Throughout her life Lady Ann was a zealous adherent of the Reformed church. Although her letters to her sons show her maternal concern for their careers and their financial well-being, the primary argument of each of the letters is that they be true to the faith; this counsel she even extended to Essex, when in December 1596 she feared his negative influence over her sons: “This is the will of God, that ye should be Holy, and abstain from fornication, and every one know how to keep his own vessel in holiness and honour; and not in the lust of concupiscence, as do the Gentiles which know not God” (Birch, 218–19). That her sons recalled the model of service set forth in the passage is shown in Francis Bacon’s letter to Elizabeth (20 July 1594) in which he acknowledges the will of God in preventing him from being in service to her (Spedding, I, 304–5).

Lady Ann may have felt that the will of God called her to respond to the need for a translation of Bishop Jewel’s* Apologia Ecclesiae Anglicanae . Jewel himself was concerned that a proper response be made to the papal attack set forth at the Council of Trent lest England’s failure to participate be seen as an opportunity to attack not only the English church but the queen and country as well. Following the publication in 1562 of an unsatisfactory translation, this need grew stronger. That a fine translation appeared from the hands of the wife and sister-in-law of Elizabeth’s two foremost spokespersons on church matters should make Archbishop Parker’s praise of it fully explicable, for the Apology shows not only that the English church was right in setting itself apart from the Roman church but, in copious detail, outlines the ways in which the Roman church had strayed from the “true church of Christ.”

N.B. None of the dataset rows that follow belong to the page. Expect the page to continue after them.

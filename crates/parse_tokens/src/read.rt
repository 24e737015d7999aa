// From bytes to the tokens of the grammar.
ghost use Rattle.std.specs.Prelude.{◌≡◌, ◌≤◌, ◌<◌, ◌⊎◌, ◌∷◌, ◌++◌, [], List, ℕ, length, IfOk, IfErr, OnOk, false, if◌then◌else◌};
ghost use Rattle.std.specs.Str.{IsCharBoundary};
ghost use Rattle.js_lex.specs.Elements.{is_line_end};
ghost use Rattle.js_lex.specs.Tokens.{LexFaultOf, FailsFrom, Lexes};
ghost use Rattle.js_lex.specs.declared.token.Token.{Token as Lexed};
ghost use Rattle.js_lex.specs.declared.token.LexFault.{LexFault};
ghost use Rattle.js_lex.specs.declared.token.LexFault.TheVariants.{Memory};
ghost use Rattle.parse_tokens.specs.Tokens as definition;
ghost use Rattle.parse_tokens.specs.Tokens.{HasTokens, place_in, with_name, begins_colon, grammar_token, before_next};
ghost use Rattle.parse_tokens.specs.Words as words;
ghost use Rattle.parse_syntax.specs.declared.token.GrammarToken.{GrammarToken};
ghost use Rattle.parse_tokens.specs.Steps.{Agrees, IsScriptTokens, ScannedTo, TellsKey, before_of, has_line_end, is_colon};

use crate::numbers::Numbers;
use crate::word::{property_named, word_named};
use eval_tree::Name;
use js_lex::{LexFault, Mark, TokenKind};
use js_units::{NoMemory, Units, split_char};
use parse_syntax::{GrammarKind, GrammarToken};
use std::alloc::Global;

/// The tokens of a script's bytes; the units of its string literals that are no keys of members, in order,
/// without the directive; its identifiers, each once, and the units of literals that are keys, in order.
#[derive(Drop)]
pub struct ScriptTokens {
    pub tokens: Vec<GrammarToken>,
    pub literals: Vec<Units>,
    pub names: Vec<Name>,
    pub keys: Vec<Units>,
}

// Whether it is LF, CR, U+2028 or U+2029.
fn is_line_end(c: char) -> bool
    ensures { result ≡ is_line_end c }
{
    matches!(c, '\n' | '\r' | '\u{2028}' | '\u{2029}')
}

// Whether a line end is in the text.
fn any_line_end(text: &str) -> bool
    ensures { result ≡ has_line_end text.now }
{
    let mut text = text;
    while let Some((c, rest)) = split_char(text) {
        if is_line_end(c) {
            return true;
        }
        text = rest;
    }
    false
}

// The number of an identifier, which is put into the table where it isn't in it.
fn number_of(
    alloc: Global,
    numbers: &mut Numbers,
    names: &mut Vec<Name>,
    letters: &[u8],
) -> Result<u32, NoMemory>
    requires few { length names.old.items ≤ 1_048_576 }
    requires agrees { Agrees numbers.old names.old.items }
    ensures number { IfOk result (λ number. number ≡ place_in names.old.items letters.now) }
    ensures names { OnOk result (names.new.items ≡ with_name names.old.items letters.now) }
    ensures agrees { OnOk result (Agrees numbers.new names.new.items) }
{
    match numbers.get(letters) {
        Some(number) => Ok(number),
        None => {
            let number = names.len() as u32;
            numbers.insert(alloc, letters, number)?;
            names.push(Name::new(Vec::from_slice(alloc, letters)?))?;
            Ok(number)
        }
    }
}

// What an identifier is.
fn word_kind(
    alloc: Global,
    numbers: &mut Numbers,
    names: &mut Vec<Name>,
    letters: &[u8],
) -> Result<GrammarKind, NoMemory>
    requires few { length names.old.items ≤ 1_048_576 }
    requires agrees { Agrees numbers.old names.old.items }
    ensures kind { IfOk result (λ kind. kind
        ≡ definition.word_kind (words.word_meant letters.now) names.old.items letters.now) }
    ensures names { OnOk result (names.new.items
        ≡ with_name names.old.items letters.now) }
    ensures agrees { OnOk result (Agrees numbers.new names.new.items) }
{
    let number = number_of(alloc, numbers, names, letters)?;
    match word_named(letters) {
        Some(word) => Ok(GrammarKind::Word(word, number)),
        None => Ok(GrammarKind::Name(number, property_named(letters))),
    }
}

// Whether the source is the directive's.
fn is_use_strict(source: &[u8]) -> bool
    ensures { result ≡ definition.is_use_strict source.now }
{
    if source == b"'use strict'".as_slice() {
        true
    } else if source == b"\"use strict\"".as_slice() {
        true
    } else {
        false
    }
}

// What a string is that is no key. Its units are put behind the others where it isn't the directive.
fn text_kind(
    first: bool,
    literals: &mut Vec<Units>,
    source: &[u8],
    units: Units,
) -> Result<GrammarKind, NoMemory>
    requires few { length literals.old.items ≤ 1_048_576 }
    ensures kind { IfOk result (λ kind. kind
        ≡ definition.string_kind false first literals.old.items [] source.now) }
    ensures literals { OnOk result (literals.new.items
        ≡ definition.texts_with false first literals.old.items source.now units) }
{
    if first {
        if is_use_strict(source) {
            return Ok(GrammarKind::Directive);
        }
    }
    let number = literals.len() as u32;
    literals.push(units)?;
    Ok(GrammarKind::Text {
        number,
        is_key: false,
    })
}

// What a string is. Its units are put behind those of the other keys where it is one.
fn string_kind(
    key: bool,
    first: bool,
    literals: &mut Vec<Units>,
    keys: &mut Vec<Units>,
    source: &[u8],
    units: Units,
) -> Result<GrammarKind, NoMemory>
    requires few { length literals.old.items ≤ 1_048_576 }
    requires few_keys { length keys.old.items ≤ 1_048_576 }
    ensures kind { IfOk result (λ kind. kind
        ≡ definition.string_kind key first literals.old.items keys.old.items source.now) }
    ensures literals { OnOk result (literals.new.items
        ≡ definition.texts_with key first literals.old.items source.now units) }
    ensures keys { OnOk result (keys.new.items
        ≡ (if key then keys.old.items ++ units ∷ [] else keys.old.items)) }
{
    if key {
        let number = keys.len() as u32;
        keys.push(units)?;
        return Ok(GrammarKind::Text {
            number,
            is_key: true,
        });
    }
    text_kind(first, literals, source, units)
}

// What the token of this source behind those that were read is.
fn next_kind(
    alloc: Global,
    script: &mut ScriptTokens,
    numbers: &mut Numbers,
    source: &[u8],
    kind: TokenKind,
    key: bool,
) -> Result<GrammarKind, NoMemory>
    requires texts { length script.old.literals.items ≤ 1_048_576 }
    requires names { length script.old.names.items ≤ 1_048_576 }
    requires keys { length script.old.keys.items ≤ 1_048_576 }
    requires agrees { Agrees numbers.old script.old.names.items }
    ensures tokens { OnOk result (script.new.tokens ≡ script.old.tokens) }
    ensures kind { IfOk result (λ found. found
        ≡ definition.grammar_kind_of (before_of script.old 0) source.now key kind) }
    ensures literals { OnOk result (script.new.literals.items
        ≡ definition.literals_after key (before_of script.old 0) source.now kind) }
    ensures keys { OnOk result (script.new.keys.items
        ≡ definition.keys_after key (before_of script.old 0) kind) }
    ensures names { OnOk result (script.new.names.items
        ≡ definition.table_after (before_of script.old 0) source.now kind) }
    ensures agrees { OnOk result (Agrees numbers.new script.new.names.items) }
{
    match kind {
        TokenKind::Word => word_kind(alloc, numbers, &mut script.names, source),
        TokenKind::Text(units) => string_kind(
            key,
            script.tokens.is_empty(),
            &mut script.literals,
            &mut script.keys,
            source,
            units,
        ),
        TokenKind::Number(value) => Ok(GrammarKind::Number(value)),
        TokenKind::Mark(mark) => Ok(GrammarKind::Mark(mark)),
    }
}

// Puts the token of the grammar behind those that were read, the last of which ended at a place.
fn add(
    alloc: Global,
    script: &mut ScriptTokens,
    numbers: &mut Numbers,
    text: &str,
    end: u32,
    token: js_lex::Token,
    key: bool,
) -> Result<(), NoMemory>
    requires literals { length script.old.literals.items ≤ 1_048_576 }
    requires names { length script.old.names.items ≤ 1_048_576 }
    requires keys { length script.old.keys.items ≤ 1_048_576 }
    requires agrees { Agrees numbers.old script.old.names.items }
    requires behind { end ≤ token.from }
    requires forward { token.from < token.to }
    requires within { token.to ≤ length text.now }
    requires last { IsCharBoundary text.now end }
    requires start { IsCharBoundary text.now token.from }
    ensures tokens { OnOk result (script.new.tokens.items
        ≡ script.old.tokens.items ++ grammar_token text.now (before_of script.old end) key token ∷ []) }
    ensures literals { OnOk result (script.new.literals.items
        ≡ (before_next text.now (before_of script.old end) key token).texts) }
    ensures names { OnOk result (script.new.names.items
        ≡ (before_next text.now (before_of script.old end) key token).names) }
    ensures keys { OnOk result (script.new.keys.items
        ≡ (before_next text.now (before_of script.old end) key token).keys) }
    ensures agrees { OnOk result (Agrees numbers.new script.new.names.items) }
{
    let js_lex::Token { kind, from, to } = token;
    let source = &text.as_bytes()[from as usize..to as usize];
    let after_line = any_line_end(&text[end as usize..from as usize]);
    let kind = next_kind(alloc, script, numbers, source, kind, key)?;
    script.tokens.push(GrammarToken {
        at: from,
        after_line,
        kind,
    })?;
    Ok(())
}

// No token, with room for those of an ordinary script of so many bytes.
fn no_tokens(alloc: Global, bytes: usize) -> Result<ScriptTokens, NoMemory>
    requires { bytes ≤ 1_048_576 }
    ensures tokens { IfOk result (λ script. script.tokens.items ≡ []) }
    ensures literals { IfOk result (λ script. script.literals.items ≡ []) }
    ensures names { IfOk result (λ script. script.names.items ≡ []) }
    ensures keys { IfOk result (λ script. script.keys.items ≡ []) }
{
    Ok(ScriptTokens {
        tokens: Vec::with_capacity(alloc, bytes / 8 + 8)?,
        literals: Vec::new(alloc),
        names: Vec::new(alloc),
        keys: Vec::new(alloc),
    })
}

fn opens_member(kind: &TokenKind) -> bool
    ensures { result ≡ definition.opens_member kind.now }
{
    match kind {
        TokenKind::Mark(Mark::OpenBrace | Mark::Comma) => true,
        _ => false,
    }
}

fn is_colon(kind: &TokenKind) -> bool
    ensures { result ≡ is_colon kind.now }
{
    match kind {
        TokenKind::Mark(Mark::Colon) => true,
        _ => false,
    }
}

// Whether the next token from a place on is a colon.
fn colon_follows(alloc: Global, text: &str, at: u32) -> Result<bool, LexFault>
    requires size { length text.now ≤ 1_048_576 }
    requires cut { IsCharBoundary text.now at }
    ensures colon { IfOk result (λ colon. (ts : List Lexed) → Lexes text.now at ts
        → colon ≡ begins_colon ts) }
    ensures fault { IfErr result (λ e. (e ≡ Memory) ⊎ FailsFrom text.now at e) }
{
    match js_lex::next_token(alloc, text, at) {
        Ok(Some(token)) => Ok(is_colon(&token.kind)),
        Ok(None) => Ok(false),
        Err(fault) => Err(fault),
    }
}

// Whether a token is a string that is a key, where `{` or a comma precedes it or not.
fn is_key(alloc: Global, text: &str, opened: bool, token: &js_lex::Token) -> Result<bool, LexFault>
    requires size { length text.now ≤ 1_048_576 }
    requires cut { IsCharBoundary text.now token.now.to }
    ensures key { IfOk result (TellsKey text.now opened token.now) }
    ensures fault { IfErr result (λ e. (e ≡ Memory) ⊎ FailsFrom text.now token.now.to e) }
{
    if !opened {
        return Ok(false);
    }
    match &token.kind {
        TokenKind::Text(_) => colon_follows(alloc, text, token.to),
        TokenKind::Word => Ok(false),
        TokenKind::Number(_) => Ok(false),
        TokenKind::Mark(_) => Ok(false),
    }
}

// The tokens of a text.
fn scan(alloc: Global, text: &str) -> Result<ScriptTokens, LexFault>
    requires { length text.now ≤ 1_048_576 }
    ensures read { IfOk result (ScannedTo text.now) }
    ensures refused { IfErr result (λ fault. (fault ≡ Memory) ⊎ FailsFrom text.now 0 fault) }
{
    let mut script = match no_tokens(alloc, text.len()) {
        Ok(script) => script,
        Err(NoMemory) => return Err(LexFault::Memory),
    };
    let mut numbers = Numbers::new(alloc);
    let mut at: u32 = 0;
    let mut opened = false;
    'tokens: loop {
        match js_lex::next_token(alloc, text, at) {
            Ok(Some(token)) => {
                let end = token.to;
                let opens = opens_member(&token.kind);
                let key = match is_key(alloc, text, opened, &token) {
                    Ok(key) => key,
                    Err(fault) => return Err(fault),
                };
                if add(alloc, &mut script, &mut numbers, text, at, token, key).is_err() {
                    return Err(LexFault::Memory);
                }
                opened = opens;
                at = end;
            }
            Ok(None) => return Ok(script),
            Err(fault) => return Err(fault),
        }
    }
}

/// What `tokens` answers, against the relations alone.
fn read(alloc: Global, bytes: &[u8]) -> Result<ScriptTokens, LexFault>
    requires { length bytes.now ≤ 1_048_576 }
    ensures read { IfOk result
        (λ script. HasTokens bytes.now script.tokens.items script.literals.items script.names.items
        script.keys.items) }
    ensures refused { IfErr result (λ fault. (fault ≡ Memory) ⊎ LexFaultOf bytes.now fault) }
{
    match js_lex::source_text(bytes) {
        Ok(text) => scan(alloc, text),
        Err(fault) => Err(fault),
    }
}

/// The tokens of the grammar of a script's bytes, or the first lexical fault.
pub fn tokens(alloc: Global, bytes: &[u8]) -> Result<ScriptTokens, LexFault>
    requires { length bytes.now ≤ 1_048_576 }
    ensures read { IfOk result
        (λ script. HasTokens bytes.now script.tokens.items script.literals.items script.names.items
        script.keys.items) }
    ensures refused { IfErr result (λ fault. (fault ≡ Memory) ⊎ LexFaultOf bytes.now fault) }
    ensures found { (ts : List GrammarToken) (texts names keys : List (List ℕ))
        → HasTokens bytes.now ts texts names keys
        → IfOk result (λ script. IsScriptTokens script ts texts names keys)
        × IfErr result (λ fault. fault ≡ Memory) }
    ensures faults { (f : LexFault) → LexFaultOf bytes.now f
        → IfOk result (λ script. ⊥) × IfErr result (λ fault. (fault ≡ f) ⊎ (fault ≡ Memory)) }
{
    read(alloc, bytes)
}
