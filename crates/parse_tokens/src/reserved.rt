// Identifiers that can't be names, by their length.
ghost use Rattle.std.specs.Prelude.{◌≡◌, ℕ, List, length, true};
ghost use Rattle.std.specs.List.{list_any};
ghost use Rattle.std.specs.Str.{bytes_eq};
ghost use Rattle.parse_tokens.specs.Reserved.{is_reserved};
ghost use Rattle.parse_tokens.specs.Lengths.{of_length, spaced, all_have};

/// Whether the identifier can't be a name.
pub(crate) fn is_reserved(letters: &[u8]) -> bool
    ensures { result ≡ is_reserved letters.now }
{
    is_one_of(letters, words_of(letters.len()))
}

// Whether the letters are one of the identifiers, of which each has as many letters and a blank behind it.
fn is_one_of(letters: &[u8], words: &[u8]) -> bool
    ensures { (ws : List (List ℕ)) → all_have (length letters.now) ws ≡ true → words.now ≡ spaced ws
        → result ≡ list_any (bytes_eq letters.now) ws }
{
    if words.len() <= letters.len() {
        return false;
    }
    let (word, behind) = words.split_at(letters.len());
    letters == word || is_one_of(letters, &behind[1..])
}

// The identifiers of so many letters, with a blank behind each.
fn words_of(count: usize) -> &'static [u8]
    ensures { result.now ≡ spaced (of_length count) }
{
    match count {
        2 => b"do if in ",
        3 => b"for let new try var NaN Map Set ",
        4 => b"case else enum null this true void with JSON eval Date Math ",
        5 =>
            b"break catch class const false super throw while yield await print isNaN Array Error Proxy ",
        6 =>
            b"delete export import public return static switch typeof String Symbol escape BigInt Number Object RegExp ",
        7 =>
            b"default extends finally package private Atomics Boolean Promise Reflect WeakMap WeakRef WeakSet valueOf ",
        8 =>
            b"continue debugger function Infinity isFinite parseInt unescape DataView Function URIError toString ",
        9 =>
            b"interface protected undefined arguments decodeURI encodeURI EvalError Int8Array TypeError __proto__ ",
        10 =>
            b"implements instanceof globalThis parseFloat Int16Array Int32Array RangeError Uint8Array ",
        11 => b"ArrayBuffer SyntaxError Uint16Array Uint32Array constructor ",
        12 => b"Float32Array Float64Array ",
        13 => b"BigInt64Array isPrototypeOf ",
        14 => b"AggregateError BigUint64Array ReferenceError hasOwnProperty toLocaleString ",
        16 => b"__defineGetter__ __defineSetter__ __lookupGetter__ __lookupSetter__ ",
        17 => b"SharedArrayBuffer Uint8ClampedArray ",
        18 => b"decodeURIComponent encodeURIComponent ",
        20 => b"FinalizationRegistry propertyIsEnumerable ",
        _ => b"",
    }
}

As indicated before, Lady Ann reaped praise as a translator from Bishops Jewel and Parker as well as from Theodore Beza. Letters from Cecil and Essex, among others, show that her goodwill merited consideration. While Spedding takes her to task for attempting to maintain too much control over her sons’ lives once they were adults, Birch clearly finds her to be a sympathetic character (although acknowledging her to have been difficult in her old age). Hughey says little about the quality of her translations, although she does find them superior to the Argentine translations of Ochino. As has already been noted, C. S. Lewis praised Lady Ann’s ability as a translator, noting, “Latin prose has a flavour very hard to disguise in translation, but nearly every sentence in Lady Bacon’s work sounds like an original. Again and again she finds the phrase which, once she has found it, we feel to be inevitable” (307). Her two recent commentators, Beilin and Lamb, both focus attention on the isolated position of the learned woman in the English Renaissance.